By putting Hanks out front, the show (rechristened for this week as “Saturday Night Live at Home”) deployed not just a longtime friend of “SNL,” but also the most famous coronavirus patient in the world who doesn’t lead a European nation. Looking and sounding fit — with an almost bald head that he hastened to note was for a movie role — Hanks explained from his kitchen what viewers were in for while offering plenty of shtick.

“This is the first time I’ve worn anything other than sweatpants since March 11,” Hanks said, feigning that he’d forgotten how to operate the buttons on his suit.

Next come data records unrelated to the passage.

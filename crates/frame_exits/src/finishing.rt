//! The ends of finallys.

ghost use Rattle.std.specs.Prelude.{◌≡◌, ℕ, ◌<◌, length, All};
ghost use Rattle.mpy_base.specs.World.{Objects, AnException, IsA, Later};
ghost use Rattle.mpy_base.specs.Val.{PlainWorld};
ghost use Rattle.frame_moves.specs.bc_ops.declared.instr.Op.TheVariants as ops;
ghost use Rattle.frame_moves.specs.bc_ops.declared.instr.Instr.TheVariants as instrs;
ghost use Rattle.frame_moves.specs.arena_heap.declared.value.Value.{Value as Item};
ghost use Rattle.frame_moves.specs.py_effects.Effect.{Place};
ghost use Rattle.frame_moves.specs.py_effects.Heaps.{Registered};
ghost use Rattle.frame_moves.specs.bc_machine.Library.{Plain};
ghost use Rattle.frame_moves.specs.prim_walks.Plain.{plain_heap};
ghost use Rattle.frame_moves.specs.prim_faults.Sights.{under, TellsAll};
ghost use Rattle.prim_modules.specs.Registry.{plain_modules};
ghost use Rattle.frame_moves.specs.vm_frames.Calls.{OfRunning, change_first};
ghost use Rattle.frame_moves.specs.vm_frames.Views.{View};
ghost use Rattle.frame_moves.specs.vm_frames.Placed.{IsPlaced};
ghost use Rattle.frame_moves.specs.Shown.{Tables, view_of, IsNext, IsTop};
ghost use Rattle.frame_moves.specs.Outcomes.{world_of};
ghost use Rattle.frame_exits.specs.declared.causes.Cause.{Cause as Kept};
ghost use Rattle.frame_exits.specs.Names.{AreTablesOf, Forgets};
ghost use Rattle.frame_exits.specs.Ends.{with_modules, StepsTo};
ghost use Rattle.frame_exits.specs.Known.{HasModule, IsKnownSlot, IsKnownCall, IsKnownAfter, Keeps};
ghost use Rattle.frame_exits.specs.Left.{HasLast, after_of};
ghost use Rattle.frame_exits.specs.Thrown.{throwing_of, thrown};
ghost use Rattle.frame_exits.specs.Causes.{cause_slot, FitsEntries, GoesOn, unkept, resumed, resuming_of};

use crate::causes::{Cause, cause_of};
use crate::ends::After;
use crate::names::ModuleName;
use crate::returning::leave;
use crate::throwing::fail;
use arena_heap::{Arena, Constants, ExcNo};
use frame_moves::{Frames, Slot, moves_law, placed_law};
use prim_modules::Modules;

/// Throws the exception on at the end of a finally.
fn throw_on<C: Constants>(
    frames: &mut Frames,
    consts: &C,
    modules: &mut Modules,
    names: &[ModuleName],
    x: ExcNo,
) -> After
    requires running { 0 < length frames.old.calls }
    requires named { All (λ c. c.module_number < length names.now) frames.old.calls }
    ensures state { (tables : Tables) (w : PlainWorld) → under C.Constants consts.now AreTablesOf names.now tables
        → All (IsPlaced (view_of tables)) frames.old.calls
        → throwing_of tables x frames.old.calls (with_modules tables w modules.old)
        ≡ after_of tables result frames.new.calls (with_modules tables w modules.new) }
    ensures calls { frames.new ≡ record frames.old { calls = thrown x frames.old.calls } }
    ensures placed { (view : View) → All (IsPlaced view) frames.old.calls → All (IsPlaced view) frames.new.calls }
    ensures after { (objects : Objects Item ℕ) → IsA objects AnException x.cell → under C.Constants consts.now IsKnownAfter objects result }
    ensures forgets { Forgets modules.old modules.new }
{
    match fail(frames, consts, modules, names, Ok(x)) {
        Some(end) => After::Ends(end),
        None => After::Runs,
    }
}

/// Goes on with a cause in the running call, at `end` if there is none.
fn resume<C: Constants>(
    frames: &mut Frames,
    arena: &mut Arena,
    consts: &C,
    modules: &mut Modules,
    names: &[ModuleName],
    cause: Cause,
    end: u32,
) -> After
    requires fits { OfRunning (FitsEntries cause) frames.old.calls }
    requires named { All (λ c. c.module_number < length names.now) frames.old.calls }
    requires role { OfRunning (λ c. HasModule arena.old.objects c.role) frames.old.calls }
    requires last { All (under C.Constants consts.now HasLast) names.now }
    requires registered { Registered (under C.Constants consts.now plain_modules modules.old) (under C.Constants consts.now plain_heap arena.old) }
    requires all_told { TellsAll C.Constants consts.now arena.old }
    ensures state { (tables : Tables) (w : PlainWorld) → under C.Constants consts.now AreTablesOf names.now tables
        → IsNext tables end frames.old.calls → All (IsPlaced (view_of tables)) frames.old.calls
        → resuming_of tables cause frames.old.calls (world_of tables (with_modules tables w modules.old) arena.old)
        ≡ after_of tables result frames.new.calls (world_of tables (with_modules tables w modules.new) arena.new) }
    ensures calls { frames.new ≡ record frames.old { calls = resumed cause end frames.old.calls } }
    ensures placed { (view : View) → OfRunning (GoesOn view end cause) frames.old.calls → All (IsPlaced view) frames.old.calls
        → All (IsPlaced view) frames.new.calls }
    ensures after { (objects : Objects Item ℕ) → under C.Constants consts.now IsKnownSlot objects (cause_slot cause)
        → under C.Constants consts.now IsKnownAfter objects result }
    ensures later { Later arena.old.objects arena.new.objects }
    ensures all_told { TellsAll C.Constants consts.now arena.new }
    ensures forgets { Forgets modules.old modules.new }
{
    moves_law();
    placed_law();
    match cause {
        Cause::Nothing => {
            frames.set_offset(end);
            After::Runs
        }
        Cause::Exception(x) => throw_on(frames, consts, modules, names, x),
        Cause::Return(v) => leave(frames, arena, consts, modules, names, v),
        Cause::Jump {
            target,
            entries,
            iterator,
        } => {
            let _ = frames.unwind(Slot::Jump {
                target,
                entries,
                iterator,
            });
            After::Runs
        }
    }
}

/// END_FINALLY: the finally's entry and what it kept are dropped, and the run goes on with that: at `end`, behind the
/// instruction, with an exception, with a return, or with a jump. It answers as `return_value` does.
pub fn end_finally<C: Constants>(
    frames: &mut Frames,
    arena: &mut Arena,
    consts: &C,
    modules: &mut Modules,
    names: &[ModuleName],
    end: u32,
) -> After
    requires cause { (cause : Kept) × IsTop (cause_slot cause) frames.old.calls × OfRunning (λ c. FitsEntries cause (unkept c)) frames.old.calls }
    requires entry { OfRunning (λ c. 0 < length c.entries) frames.old.calls }
    requires named { All (λ c. c.module_number < length names.now) frames.old.calls }
    requires role { OfRunning (λ c. HasModule arena.old.objects c.role) frames.old.calls }
    requires last { All (under C.Constants consts.now HasLast) names.now }
    requires registered { Registered (under C.Constants consts.now plain_modules modules.old) (under C.Constants consts.now plain_heap arena.old) }
    requires all_told { TellsAll C.Constants consts.now arena.old }
    ensures steps { (tables : Tables) (place : Place) (w : PlainWorld) → under C.Constants consts.now AreTablesOf names.now tables
        → IsNext tables end frames.old.calls → All (IsPlaced (view_of tables)) frames.old.calls
        → StepsTo tables place (world_of tables (with_modules tables w modules.old) arena.old)
        (Plain (instrs.Plain ops.EndFinally)) frames.old.calls
        (after_of tables result frames.new.calls (world_of tables (with_modules tables w modules.new) arena.new)) }
    ensures calls { (cause : Kept) → IsTop (cause_slot cause) frames.old.calls
        → frames.new ≡ record frames.old { calls = resumed cause end (change_first unkept frames.old.calls) } }
    ensures placed { (view : View) (cause : Kept) → IsTop (cause_slot cause) frames.old.calls
        → OfRunning (GoesOn view end cause) frames.old.calls → All (IsPlaced view) frames.old.calls → All (IsPlaced view) frames.new.calls }
    ensures after { All (under C.Constants consts.now IsKnownCall (length names.now) arena.old.objects) frames.old.calls
        → under C.Constants consts.now IsKnownAfter arena.new.objects result }
    ensures keeps { under C.Constants consts.now Keeps (length names.now) arena.old.objects arena.new.objects frames.old.calls frames.new.calls }
    ensures forgets { Forgets modules.old modules.new }
{
    placed_law();
    let cause = cause_of(frames.pop());
    frames.drop_entry();
    resume(frames, arena, consts, modules, names, cause, end)
}
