//! The order of words.

ghost use Rattle.std.specs.Prelude.{◌≡◌, ◌≤◌, ◌<◌, length, map, string_bytes, IfOk, IfSome};
ghost use Rattle.mpy_words.specs.Command as commands;
ghost use Rattle.mpy_words.specs.Given.{none_given, most_count, IsBounded, RunsWithin};
ghost use Rattle.mpy_words.specs.Words as spec;

use crate::given::Given;
use crate::order::{Command, Named, Order, Setting, WordFault};

fn command(word: &str) -> Option<Command>
    ensures { result ≡ commands.command_of word.now }
{
    match word {
        "go" => Some(Command::Go),
        "check" => Some(Command::Check),
        "dump" => Some(Command::Dump),
        "cross" => Some(Command::Cross),
        "merge" => Some(Command::Merge),
        "freeze" => Some(Command::Freeze),
        "migrate" => Some(Command::Migrate),
        "run" => Some(Command::Run),
        "resume" => Some(Command::Resume),
        "board" => Some(Command::Board),
        "stress" => Some(Command::Stress),
        _ => None,
    }
}

/// An option of a command that runs a library.
fn run_setting(word: &str) -> Option<Setting>
    ensures { result ≡ commands.run_setting_of word.now }
{
    match word {
        "--cells" => Some(Setting::Cells),
        "--bytes" => Some(Setting::Bytes),
        "--steps" => Some(Setting::Steps),
        _ => None,
    }
}

/// The option of a command over a base.
fn base_setting(word: &str) -> Option<Setting>
    ensures { result ≡ commands.base_setting_of word.now }
{
    match word {
        "--base" => Some(Setting::Base),
        _ => None,
    }
}

fn setting(command: Command, word: &str) -> Option<Setting>
    ensures { result ≡ commands.setting_of command word.now }
{
    match command {
        Command::Go if word == "-O" => Some(Setting::Level),
        Command::CheckAs | Command::Cross if word == "-O" => Some(Setting::Level),
        Command::Cross if word == "-s" => Some(Setting::StoredName),
        Command::Run if word == "-m" => Some(Setting::MainName),
        Command::Run if word == "--base" => Some(Setting::Base),
        Command::Run | Command::Resume if word == "--save" => Some(Setting::Save),
        Command::Resume if word == "--steps" => Some(Setting::Steps),
        Command::Go | Command::Run => run_setting(word),
        Command::Resume | Command::Freeze | Command::Board => base_setting(word),
        _ => None,
    }
}

/// The words that a command names.
fn names(command: Command) -> &'static [Named]
    ensures { result.now ≡ commands.names_of command }
{
    match command {
        Command::Go => &[Named::Source],
        Command::Check | Command::Dump | Command::Run => &[Named::File],
        Command::Resume => &[Named::File, Named::Snapshot],
        Command::CheckAs | Command::Cross => &[Named::Source, Named::File],
        Command::Merge => &[Named::Output],
        Command::Freeze => &[Named::Manifest, Named::Output],
        Command::Migrate => &[Named::Input, Named::Output],
        Command::Board => &[Named::Image, Named::Plan],
        Command::Stress => &[Named::Seed, Named::Count],
    }
}

fn begins_with_dash(word: &str) -> bool
    ensures { result ≡ spec.begins_with_dash word.now }
{
    match word.as_bytes() {
        [byte, ..] => *byte == b'-',
        [] => false,
    }
}

/// Does the command take files behind its named words, as many as there are?
fn takes_files(command: Command) -> bool
    ensures { result ≡ commands.takes_files command }
{
    match command {
        Command::Go | Command::Check | Command::CheckAs | Command::Dump | Command::Cross => false,
        Command::Merge => true,
        Command::Freeze | Command::Migrate | Command::Run | Command::Resume => false,
        Command::Board | Command::Stress => false,
    }
}

/// Does the option name a file, and the word none?
fn names_none(setting: Setting, value: &str) -> bool
    ensures { result ≡ spec.names_none setting value.now }
{
    match setting {
        Setting::Base | Setting::Save => begins_with_dash(value),
        Setting::Level | Setting::StoredName | Setting::MainName => false,
        Setting::Cells | Setting::Bytes | Setting::Steps => false,
    }
}

/// The words behind those that name the command's files.
#[tactic(auto, unfolding(crate::specs::Words::past_files))]
fn behind_files(command: Command, words: &[String]) -> &[String]
    ensures words { map string_bytes result.now ≡ spec.behind_files command (map string_bytes words.now) }
    ensures fewer { length result.now ≤ length words.now }
{
    let mut rest = words;
    if takes_files(command) {
        'more: while let Some((word, behind)) = rest.split_first() {
            if begins_with_dash(word.as_str()) {
                return rest;
            }
            rest = behind;
        }
    }
    rest
}

/// Reads options, the last of all the words, of which there are `count`, behind what was given already.
#[tactic(auto, unfolding(crate::specs::Words::settings))]
fn settings(
    count: usize,
    command: Command,
    named: Given,
    words: &[String],
) -> Result<Order, WordFault>
    requires within { length words.now ≤ count }
    requires bounded { IsBounded count named }
    ensures order { result ≡ spec.settings count command named (map string_bytes words.now) }
    ensures same { IfOk result (λ order. order.command ≡ command) }
    ensures count { IfOk result (λ order. order.count ≤ most_count) }
    ensures level { IfOk result (λ order. order.level ≤ 3) }
    ensures stored_name { IfOk result (λ order. IfSome order.stored_name (λ at. at < count)) }
    ensures main_name { IfOk result (λ order. IfSome order.main_name (λ at. at < count)) }
    ensures base { IfOk result (λ order. IfSome order.base (λ at. at < count)) }
    ensures save { IfOk result (λ order. IfSome order.save (λ at. at < count)) }
    ensures run { IfOk result RunsWithin }
{
    let mut given = named;
    let mut rest = words;
    'more: while let Some((word, behind)) = rest.split_first() {
        let Some(setting) = setting(command, word.as_str()) else {
            return Err(WordFault::Unknown(count - rest.len()));
        };
        if given.has(setting) {
            return Err(WordFault::Twice(setting));
        }
        let Some((value, more)) = behind.split_first() else {
            return Err(WordFault::MissingValue(setting));
        };
        if names_none(setting, value.as_str()) {
            return Err(WordFault::MissingValue(setting));
        }
        let at = count - behind.len();
        let Some(with) = given.with(setting, at, value.as_bytes()) else {
            return Err(WordFault::BadNumber(at));
        };
        given = with;
        rest = more;
    }
    Ok(given.order(command))
}

/// Reads the named words and the numbers among them, passes files, and reads options.
#[tactic(auto, unfolding(crate::specs::Words::named))]
fn named(count: usize, command: Command, words: &[String]) -> Result<Order, WordFault>
    requires { length words.now ≤ count }
    ensures order { result ≡ spec.named count command none_given (commands.names_of command) (map string_bytes words.now) }
    ensures named { IfOk result (λ order. length (commands.names_of order.command) ≤ length words.now) }
    ensures count { IfOk result (λ order. order.count ≤ most_count) }
    ensures level { IfOk result (λ order. order.level ≤ 3) }
    ensures stored_name { IfOk result (λ order. IfSome order.stored_name (λ at. at < count)) }
    ensures main_name { IfOk result (λ order. IfSome order.main_name (λ at. at < count)) }
    ensures base { IfOk result (λ order. IfSome order.base (λ at. at < count)) }
    ensures save { IfOk result (λ order. IfSome order.save (λ at. at < count)) }
    ensures run { IfOk result RunsWithin }
{
    let mut given = Given::none();
    let mut rest = words;
    for wanted in names(command) {
        let Some((word, behind)) = rest.split_first() else {
            return Err(WordFault::MissingName(*wanted));
        };
        if begins_with_dash(word.as_str()) {
            return match setting(command, word.as_str()) {
                Some(_) => Err(WordFault::MissingName(*wanted)),
                None => Err(WordFault::Unknown(count - rest.len())),
            };
        }
        let Some(with) = given.with_name(*wanted, word.as_bytes()) else {
            return Err(WordFault::BadNumber(count - rest.len()));
        };
        given = with;
        rest = behind;
    }
    settings(count, command, given, behind_files(command, rest))
}

/// The check that these words ask for: that of a source and a file where two words name files.
fn check_of(words: &[String]) -> Command
    ensures { result ≡ spec.check_of (map string_bytes words.now) }
{
    let Some((source, behind)) = words.split_first() else {
        return Command::Check;
    };
    let Some((file, _)) = behind.split_first() else {
        return Command::Check;
    };
    if begins_with_dash(source.as_str()) || begins_with_dash(file.as_str()) {
        Command::Check
    } else {
        Command::CheckAs
    }
}

/// The command of a first word with these behind it.
fn command_in(command: Command, words: &[String]) -> Command
    ensures { result ≡ spec.command_in command (map string_bytes words.now) }
{
    match command {
        Command::Check => check_of(words),
        _ => command,
    }
}

/// The order that words give, the program's own name left out.
pub fn order_of(words: &[String]) -> Result<Order, WordFault>
    ensures order { result ≡ spec.order_of (map string_bytes words.now) }

    // The named words are there.
    ensures named { IfOk result (λ order. length (commands.names_of order.command) < length words.now) }

    // A made source has 20,000 assignments at most.
    ensures count { IfOk result (λ order. order.count ≤ most_count) }

    // The level is one of the four.
    ensures level { IfOk result (λ order. order.level ≤ 3) }

    // The name to store is one of the words.
    ensures stored_name { IfOk result (λ order. IfSome order.stored_name (λ at. at < length words.now)) }

    // The name of the main module is one of the words.
    ensures main_name { IfOk result (λ order. IfSome order.main_name (λ at. at < length words.now)) }

    // So is the base's.
    ensures base { IfOk result (λ order. IfSome order.base (λ at. at < length words.now)) }

    // So is that of the file to save to.
    ensures save { IfOk result (λ order. IfSome order.save (λ at. at < length words.now)) }

    // The room and the steps are within their bounds.
    ensures run { IfOk result RunsWithin }
{
    let Some((first, behind)) = words.split_first() else {
        return Err(WordFault::NoCommand);
    };
    match command(first.as_str()) {
        Some(command) => named(words.len(), command_in(command, behind), behind),
        None => Err(WordFault::Unknown(0)),
    }
}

Recalling he had been diagnosed in Australia, he explained that when one’s temperature is checked Down Under in Celsius, “36 is fine; 38 is bad. So basically it’s how Hollywood treats female actors.”

Hanks even worked in a little audience Q&A routine, cutting away to himself pretending to be other people: a Frenchman and an Australian.

Aside from that, Hanks was confined to the most obligatory of host duties: introducing musical guest Chris Martin (covering Bob Dylan’s “Shelter From the Storm”) and saying good night. He appeared in no sketches, but a few other guest stars did.

Larry David popped up as Bernie Sanders, lacking the silver wig he usually wears in the role and explaining he lost a lot of hair during his campaign. Now that he’s out of the race, this Sanders said, “I finally have time to relax and finish that heart attack I started back in October.”

Out of necessity, many of the sketches were solo routines: Kate McKinnon as Ruth Bader Ginsburg demonstrating her workout (against a backdrop of adorable hand-drawn paper wall hangings), Mikey Day as a hapless Twitch host whose gaming demos go awry, Alex Moffatt as a sportscaster reduced to staging competitions with matches, popcorn kernels and other household objects.

Outrage magnet Pete Davidson starred in two homemade music videos, as a Drake wannabe (directed by his mom, the screen said) and a rapper using $2,000 in cash for maximum prop value.

But the cast did manage to interact, in the inevitable take on Zoom business meetings (botched by technologically inept receptionists played by McKinnon and Aidy Bryant) and on a dating show for desperate women willing to hook up with losers when quarantine ends.

The usually sleek Weekend Update was considerably looser as anchors Colin Jost and Michael Che bantered from separate quarters, at times going for seemingly free-form conversation instead of the typical tightly honed one-liners. Midway through, Alec Baldwin literally phoned in his Trump impersonation, announcing his new VP will be Joe Exotic from “The Tiger King.”

Though the footage was often grainy, the editing and effects were generally solid or even ambitious, as on the Twitch bit, full of swooshing graphics. Most impressive was the opening, remaking the cast intros to show the actors lolling about at home instead of gallivanting around Manhattan. And toward the end of the show was a lengthy, moving tribute to “SNL” music producer Hal Willner, featuring testimony by Adam Sandler and Bill Hader, and a performance by Tina Fey, Amy Poehler and other women of “SNL” of “Perfect Day,” by Lou Reed, a frequent Willner collaborator.